» **TASK DESCRIPTION**
Report back every line in the data that includes the string "they".

» **RECORDS SUPPLIED**

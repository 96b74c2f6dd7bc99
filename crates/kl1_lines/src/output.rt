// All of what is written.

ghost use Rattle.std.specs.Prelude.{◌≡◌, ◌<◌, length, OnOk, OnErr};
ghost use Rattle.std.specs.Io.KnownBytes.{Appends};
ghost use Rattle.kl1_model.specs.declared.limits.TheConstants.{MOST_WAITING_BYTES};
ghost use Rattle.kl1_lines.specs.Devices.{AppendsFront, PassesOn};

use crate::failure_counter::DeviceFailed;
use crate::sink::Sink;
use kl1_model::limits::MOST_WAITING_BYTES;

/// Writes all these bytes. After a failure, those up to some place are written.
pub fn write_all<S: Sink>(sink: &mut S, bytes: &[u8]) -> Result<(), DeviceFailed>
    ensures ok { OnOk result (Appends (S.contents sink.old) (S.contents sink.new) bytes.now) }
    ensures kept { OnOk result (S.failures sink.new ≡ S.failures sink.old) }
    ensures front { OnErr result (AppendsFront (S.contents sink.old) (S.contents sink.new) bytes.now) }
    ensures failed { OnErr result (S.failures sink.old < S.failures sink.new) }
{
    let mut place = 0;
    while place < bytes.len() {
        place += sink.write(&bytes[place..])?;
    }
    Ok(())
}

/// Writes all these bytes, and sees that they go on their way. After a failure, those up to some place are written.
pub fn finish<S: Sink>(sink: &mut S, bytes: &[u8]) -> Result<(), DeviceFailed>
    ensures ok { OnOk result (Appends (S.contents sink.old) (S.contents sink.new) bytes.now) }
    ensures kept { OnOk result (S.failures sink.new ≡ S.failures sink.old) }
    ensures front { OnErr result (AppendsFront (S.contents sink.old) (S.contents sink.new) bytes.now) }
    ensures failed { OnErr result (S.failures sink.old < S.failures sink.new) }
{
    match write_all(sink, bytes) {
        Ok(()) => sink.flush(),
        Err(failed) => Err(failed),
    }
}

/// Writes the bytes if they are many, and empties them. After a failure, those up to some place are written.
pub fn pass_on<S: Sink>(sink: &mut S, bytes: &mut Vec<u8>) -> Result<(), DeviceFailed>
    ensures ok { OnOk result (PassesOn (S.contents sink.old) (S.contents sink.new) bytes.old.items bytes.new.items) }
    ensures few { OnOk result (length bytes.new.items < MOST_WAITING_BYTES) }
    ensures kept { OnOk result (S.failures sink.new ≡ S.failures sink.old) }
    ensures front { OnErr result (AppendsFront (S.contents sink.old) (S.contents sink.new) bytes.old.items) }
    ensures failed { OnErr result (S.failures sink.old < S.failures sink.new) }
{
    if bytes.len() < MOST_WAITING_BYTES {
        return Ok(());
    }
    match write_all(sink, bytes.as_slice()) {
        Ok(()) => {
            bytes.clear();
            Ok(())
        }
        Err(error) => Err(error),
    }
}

---

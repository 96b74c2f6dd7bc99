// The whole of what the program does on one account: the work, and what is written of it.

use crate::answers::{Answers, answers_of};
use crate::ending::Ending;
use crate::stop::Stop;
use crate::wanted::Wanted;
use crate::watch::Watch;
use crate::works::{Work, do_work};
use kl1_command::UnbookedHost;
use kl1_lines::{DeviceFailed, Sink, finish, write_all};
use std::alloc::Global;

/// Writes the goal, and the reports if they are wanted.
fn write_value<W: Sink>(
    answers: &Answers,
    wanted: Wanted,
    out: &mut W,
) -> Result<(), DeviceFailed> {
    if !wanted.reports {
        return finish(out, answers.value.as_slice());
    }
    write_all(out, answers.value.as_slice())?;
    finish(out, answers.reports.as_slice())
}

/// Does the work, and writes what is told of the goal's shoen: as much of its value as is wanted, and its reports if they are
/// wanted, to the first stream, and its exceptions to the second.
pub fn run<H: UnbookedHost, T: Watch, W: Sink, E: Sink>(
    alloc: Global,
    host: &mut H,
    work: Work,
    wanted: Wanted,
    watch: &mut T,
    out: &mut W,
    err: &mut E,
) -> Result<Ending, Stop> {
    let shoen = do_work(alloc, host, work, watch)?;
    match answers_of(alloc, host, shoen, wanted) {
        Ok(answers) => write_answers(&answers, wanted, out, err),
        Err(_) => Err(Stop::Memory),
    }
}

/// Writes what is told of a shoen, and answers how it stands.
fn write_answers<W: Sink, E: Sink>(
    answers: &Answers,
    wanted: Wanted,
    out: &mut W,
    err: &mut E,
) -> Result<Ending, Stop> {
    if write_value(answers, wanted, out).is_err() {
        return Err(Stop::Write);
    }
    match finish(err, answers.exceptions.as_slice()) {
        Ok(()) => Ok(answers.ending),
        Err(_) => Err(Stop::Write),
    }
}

» **SOLVED EXERCISE**
/// Writes all these bytes, and sees that they go on their way. After a failure, those up to some place are written.
/// Writes the bytes if they are many, and empties them. After a failure, those up to some place are written.
/// Writes the goal, and the reports if they are wanted.
/// Does the work, and writes what is told of the goal's shoen: as much of its value as is wanted, and its reports if they are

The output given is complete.